1984 is more accessible in its writing and less challenging in its message. You never have people debating whether 1984 is actually a utopia for instance.

>> No.15451564

>>15448676
Cause Huxley was a bad writer, he was just an ideas guy

>> No.15451595

allforadiary,
allforeadiary.

>> No.15451908

Is 1984 a remake of Book of Job?

>> No.15451928

>>15449057
the book ends with everyone having a big hedonistic orgy, literally everyone left alive is happy and healthy, the only people who suffer are expelled or die. if you are a utilitarian, there is literally no way to argue that it isn't a Utopia

>> No.15451938

>>15451928
>the book ends with everyone having a big hedonistic orgy, literally everyone left alive is happy and healthy,
You should reread the last page of the book.

>> No.15451980

>>15451938
do you think I don't know he killed himself?

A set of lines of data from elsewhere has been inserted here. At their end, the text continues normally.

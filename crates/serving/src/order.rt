//! The order for a run of the service.

use node_keys::Masters;
use serve_options::ServeOptions;
use std::os::unix::net::UnixListener;

/// The order for a run of the service.
#[derive(Clone, Copy, Debug)]
pub struct Order<'a> {
    /// The options of the run.
    pub options: ServeOptions<'a>,
    /// What the nodes' master secrets are made of.
    pub masters: Masters,
    /// The control socket, by which the run can be told to stop, if there is one.
    pub control: Option<&'a UnixListener>,
}
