/// A run that came to its end.
fn finished_of<E: Drop, S>(
    audited: AuditedRun,
    output: AuditOutput<E, S>,
    reports: Vec<NodeReport>,
) -> Finished<S>
    ensures server { result.server ≡ audited.server }
    ensures clients { result.clients ≡ audited.clients }
    ensures closed { result.closed ≡ audited.closed }
    ensures reports { result.reports ≡ reports }
    ensures whole { IsTrue result.whole → output.trouble ≡ troubles.None }
    ensures shelf { result.shelf ≡ output.shelf }
{
    let AuditedRun {
        server,
        clients,
        closed,
    } = audited;
    Finished {
        server,
        clients,
        closed,
        reports,
        whole: output.trouble() == Trouble::None,
        shelf: output.into_shelf(),
    }
}

/// The port of a listener.
fn port_of<L: OpenListener<Stream = TcpStream>>(listener: &L) -> Result<u16, ServeFault> {
    match listener.local_addr() {
        Ok(address) => Ok(address.port()),
        Err(error) => Err(ServeFault::Listener(error)),
    }
}

/// The closed witness's last answers about each node: the lines are written, the evidence is put in its place
/// if a folder is named for it, and the journal shows that everybody was audited. None where the witness
/// wasn't closed.
fn reports_of<O: Write, E: Write, S: Shelf>(
    alloc: Global,
    writer: &mut O,
    output: &mut AuditOutput<E, S>,
    folder: Option<&str>,
    audited: &AuditedRun,
) -> Result<Vec<NodeReport>, ServeFault>
    ensures reported { IfOk result (λ rs. IfOk audited.now.closed (λ c.
        IsReported c audited.now.server audited.now.clients.items rs.items)) }
    ensures lines { IfOk result (λ rs. Appends (O.contents writer.old) (O.contents writer.new)
        (flat_map report_line rs.items)) }
    ensures evidence { IfOk result (λ rs. output.new.trouble ≡ troubles.None → IfSome folder.entry (λ name.
        IfOk audited.now.closed (λ c. All (IsShown (S.files output.new.shelf) name.now c.roster) rs.items))) }
{
    match &audited.closed {
        Ok(closed) => closed_reports(alloc, writer, output, folder, closed, audited),
        Err(_) => Ok(Vec::new(alloc)),
    }
}

/// The closed witness's last answers about each node.
fn closed_reports<O: Write, E: Write, S: Shelf>(
    alloc: Global,
    writer: &mut O,
    output: &mut AuditOutput<E, S>,
    folder: Option<&str>,
    closed: &Closed,
    audited: &AuditedRun,
) -> Result<Vec<NodeReport>, ServeFault>
    ensures reported { IfOk result (λ rs.
        IsReported closed.now audited.now.server audited.now.clients.items rs.items) }
    ensures lines { IfOk result (λ rs. Appends (O.contents writer.old) (O.contents writer.new)
        (flat_map report_line rs.items)) }
    ensures evidence { IfOk result (λ rs. output.new.trouble ≡ troubles.None → IfSome folder.entry (λ name.
        All (IsShown (S.files output.new.shelf) name.now closed.now.roster) rs.items)) }
{
    let Some(reports) = final_reports(alloc, &closed.journal)? else {
        return Err(ServeFault::Unaudited);
    };
    write_reports(alloc, writer, &reports)?;
    put_evidence_in(output, folder, &closed.roster, &reports);
    if output.trouble() == Trouble::NoMemory {
        return Err(ServeFault::NoMemory);
    }
    if is_reported(closed, &audited.server, &audited.clients, &reports) {
        Ok(reports)
    } else {
        Err(ServeFault::Unaudited)
    }
}

/// Puts the evidence of each report in its place, where a folder is named for it.
fn put_evidence_in<E: Write, S: Shelf>(
    output: &mut AuditOutput<E, S>,
    folder: Option<&str>,
    roster: &Roster,
    reports: &[NodeReport],
)
    ensures { output.new.trouble ≡ troubles.None → IfSome folder.entry (λ name.
        All (IsShown (S.files output.new.shelf) name.now roster.now) reports.now) }
{
    if let Some(folder) = folder {
        put_evidence(output, folder, roster, reports);
    }
}

/// Whether a journal shows that everybody was audited, and that what their logs showed was handed on.
fn is_reported(
    closed: &Closed,
    server: &ServerNode,
    clients: &[ClientNode],
    reports: &[NodeReport],
) -> bool
    ensures { IsTrue result → AreAccounted closed.now server.now clients.now reports.now }
{
    let places = closed.journal.places();
    are_forwarded(places)
        && has_account(reports, places, server.node())
        && have_accounts(reports, places, clients)
}

/// Whether the logs of all clients are accounted for.
fn have_accounts(reports: &[NodeReport], places: &[Note], clients: &[ClientNode]) -> bool
    ensures { IsTrue result → All (HasAccount reports.now places.now) clients.now }
{
    for client in clients {
        if !has_account(reports, places, client.node()) {
            return false;
        }
    }
    true
}

/// A copy of a name, if one is given.
fn owned(alloc: Global, name: Option<&str>) -> Result<Option<String>, AllocError> {
    match name {
        Some(name) => Ok(Some(String::from_str(alloc, name)?)),
        None => Ok(None),
    }
}

/// Makes all keys, puts the roster in its place if it is to be, and opens the witness.
fn prepare<R: Threads + Sync, E: Write, S: Shelf>(
    rt: &R,
    alloc: Global,
    order: &Order<'_>,
    output: &mut AuditOutput<E, S>,
) -> Result<PreparedRun, ServeFault>
    requires { AreServeOptions order.now.options }
{
    let nodes = make_nodes(rt, alloc, order, output)?;
    let put = put_roster(alloc, output, order, &nodes.roster);
    prepared_run(alloc, when_done(nodes, put)?)
}

/// A value, if what had to be done beside it was done. Its type is a parameter, so that the proof knows
/// nothing of what it owns.
fn when_done<T: Drop>(value: T, done: Result<(), ServeFault>) -> Result<T, ServeFault>
    ensures value { IfOk result (λ v. v ≡ value) }
    ensures done { IfOk result (λ _. IsOk done) }
{
    match done {
        Ok(()) => Ok(value),
        Err(fault) => Err(fault),
    }
}

/// A run whose nodes are made: its witness is opened.
fn prepared_run(alloc: Global, nodes: Nodes) -> Result<PreparedRun, ServeFault> {
    let Nodes {
        roster,
        server,
        clients,
    } = nodes;
    let witness = open_with_passes(alloc, &roster, clients);
    match with_made(server, witness) {
        Ok((server, witness)) => Ok(PreparedRun {
            roster,
            server,
            witness,
        }),
        Err(AllocError) => Err(ServeFault::NoMemory),
    }
}
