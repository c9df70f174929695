//! The control socket, by which a run can be told to stop.

use crate::connection::ConnectionContext;
use crate::phase::Phase;
use auditing::Shelf;
use sockets::says_stop;
use std::io::Write;
use std::os::unix::net::UnixListener;
use std::sync::Wait;
use std::time::Duration;

/// How many milliseconds pass between two looks at the socket.
const PAUSE: u64 = 100;

/// Waits for the command to stop until all connections have ended, and stops the run when it comes.
pub(crate) fn attend<'a, R, T, E, S>(
    context: ConnectionContext<'a, R, T, E, S>,
    control: &UnixListener,
)
where
    R: Wait,
    T: std::time::Clock,
    E: Write,
    S: Shelf,
{
    // A socket that blocks would keep the run from ending.
    if control.set_nonblocking(true).is_err() {
        return;
    }
    for _ in 0..u64::MAX {
        if context.phase() != Phase::Serving {
            return;
        }
        match control.accept() {
            Ok((caller, _)) => {
                if says_stop(&caller) {
                    context.stop();
                }
            }
            Err(_) => context.clock.sleep(Duration::from_millis(PAUSE)),
        }
    }
}
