//! CHECKs that the server logs between calls, and the files of the bases that they give.

use crate::members::SERVER;
use auditing::{AuditContext, Shelf};
use authenticator::Number;
use nodes::{BaseFault, HonestServer};
use std::alloc::AllocError;
use std::io::Write;
use std::sync::{Mutex, Wait};

/// After how many calls the server logs a CHECK, and how many it has answered since the last one.
#[derive(Drop)]
pub(crate) struct Checks {
    every: u32,
    calls: u32,
    /// The name of the folder that bases go to, if one is named.
    folder: Option<String>,
    /// The number of the last CHECK, until its base is in its place.
    waiting: Option<Number>,
}

impl Checks {
    /// A CHECK after each `every` calls.
    pub(crate) fn new(every: u32, folder: Option<String>) -> Checks {
        Checks {
            every,
            calls: 0,
            folder,
            waiting: None,
        }
    }

    /// Counts a call. Whether a CHECK is due: then it counts anew.
    fn is_due(&mut self) -> bool {
        self.calls = self.calls.saturating_add(1);
        let is_due = self.calls >= self.every;
        if is_due {
            self.calls = 0;
        }
        is_due
    }
}

/// The server of a run, with the CHECKs that it logs.
pub(crate) struct Checking<'a, R, E, S> {
    pub(crate) audit: AuditContext<'a, R, E, S>,
    pub(crate) server: &'a Mutex<HonestServer>,
    pub(crate) checks: &'a Mutex<Checks>,
}

impl<'a, R, E, S> Clone for Checking<'a, R, E, S> {
    fn clone(&self) -> Result<Checking<'a, R, E, S>, AllocError> {
        Ok(*self)
    }
}

impl<'a, R, E, S> Copy for Checking<'a, R, E, S> {}

impl<'a, R: Wait, E: Write, S: Shelf> Checking<'a, R, E, S> {
    /// A call has ended: the base of the last CHECK is put in its place, if it is to be and the server has
    /// signed after it; and the server logs a CHECK, if one is due. What goes wrong is said and noted.
    pub(crate) fn call_ended(&self) {
        let mut checks = self.checks.lock(self.audit.rt);
        if let Some(at) = checks.waiting {
            if self.has_put_base(&checks.folder, at) {
                checks.waiting = None;
            }
        }
        if checks.is_due() {
            checks.waiting = self.check();
        }
    }

    /// Logs a CHECK, and gives its number; None where the log has none for it, or memory was refused.
    fn check(&self) -> Option<Number> {
        let AuditContext { rt, alloc, .. } = self.audit;
        let checked = self.server.lock(rt).checkpoint(alloc);
        checked.ok()
    }

    /// Puts the base of the CHECK with a number in its place, in a folder if one is named. Whether nothing
    /// more is to be done for it: else the server hasn't signed after it yet.
    fn has_put_base(&self, folder: &Option<String>, at: Number) -> bool {
        let Some(folder) = folder else {
            return true;
        };
        let AuditContext { rt, alloc, .. } = self.audit;
        let given = self.server.lock(rt).server().base(alloc, at.get());
        match given {
            Ok(base) => {
                self.put_base(folder, at, &base);
                true
            }
            Err(BaseFault::OutOfRange) => false,
            Err(BaseFault::TooLong) => true,
            Err(BaseFault::NoMemory) => {
                self.audit.output.lock(rt).note_no_memory();
                true
            }
        }
    }

    /// Puts a base in its place in a folder: a file that `nfsacc base` takes.
    fn put_base(&self, folder: &str, at: Number, base: &[u8]) {
        let mut output = self.audit.output.lock(self.audit.rt);
        match self.base_file(folder, at, base) {
            Ok((name, text)) => output.put_file(&name, &text),
            Err(AllocError) => output.note_no_memory(),
        }
    }

    /// The name and the bytes of the file with a base: the roster's text, and then that of the base.
    fn base_file(
        &self,
        folder: &str,
        at: Number,
        base: &[u8],
    ) -> Result<(String, Vec<u8>), AllocError> {
        let alloc = self.audit.alloc;
        let at = at.get();
        let name = format!(in alloc; "{folder}/node-{SERVER}.{at}.base")?;
        let mut text = Vec::new(alloc);
        self.audit.roster.write(&mut text)?;
        text.extend_from_slice(base)?;
        Ok((name, text))
    }
}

I said everyone left alive for a reason; the savage isn't alive, he doesn't factor into the utilitarian calculation post-necking

>> No.15453221

>>15448676
Because stupid people outnumber intelligent people.

>> No.15453810

>>15451938
But the savage killed himself because his old-world self-hating, superstitious thinking left him unable to live with himself in the hedonism of the new world. HE is what makes him unhappy not the people around him. Probably that's the idea behind soma, too. People are only unhappy because they are built to feel anxious, angry, bitter, etc. These are useless emotions in the society they live in, since there is no significant danger or anything to be gained by disrupting the social order. They can live happy, peaceful lives only if you get them out of their own way.

>> No.15453936

Orwell copied Yevgeny Zamyatin's "We"

>> No.15453948

Bnw is an easy read unless you're retarded.
Mainstream don't like it because it's not anti-commie propaganda like 1984.
For laughs go to le Reddit or Twitter and search for 1984 "China" and read all the cringe comments from smooth brain mouth breathers.

>> No.15453957

>>15449843
>the minute you mention nuclear
Read Ted K.

>> No.15453968

>>15448676
Churchill.

>> No.15453982

>>15448676
Because Huxley's work represents a biting critique of the kind of liberal managerialism that was and is the consensus view of the capitalist class and western political elites. Orwell fits neatly within the liberal paradigm.

>> No.15454404

>>15453936
No, it's just that We built the bases of dystopia as a genre.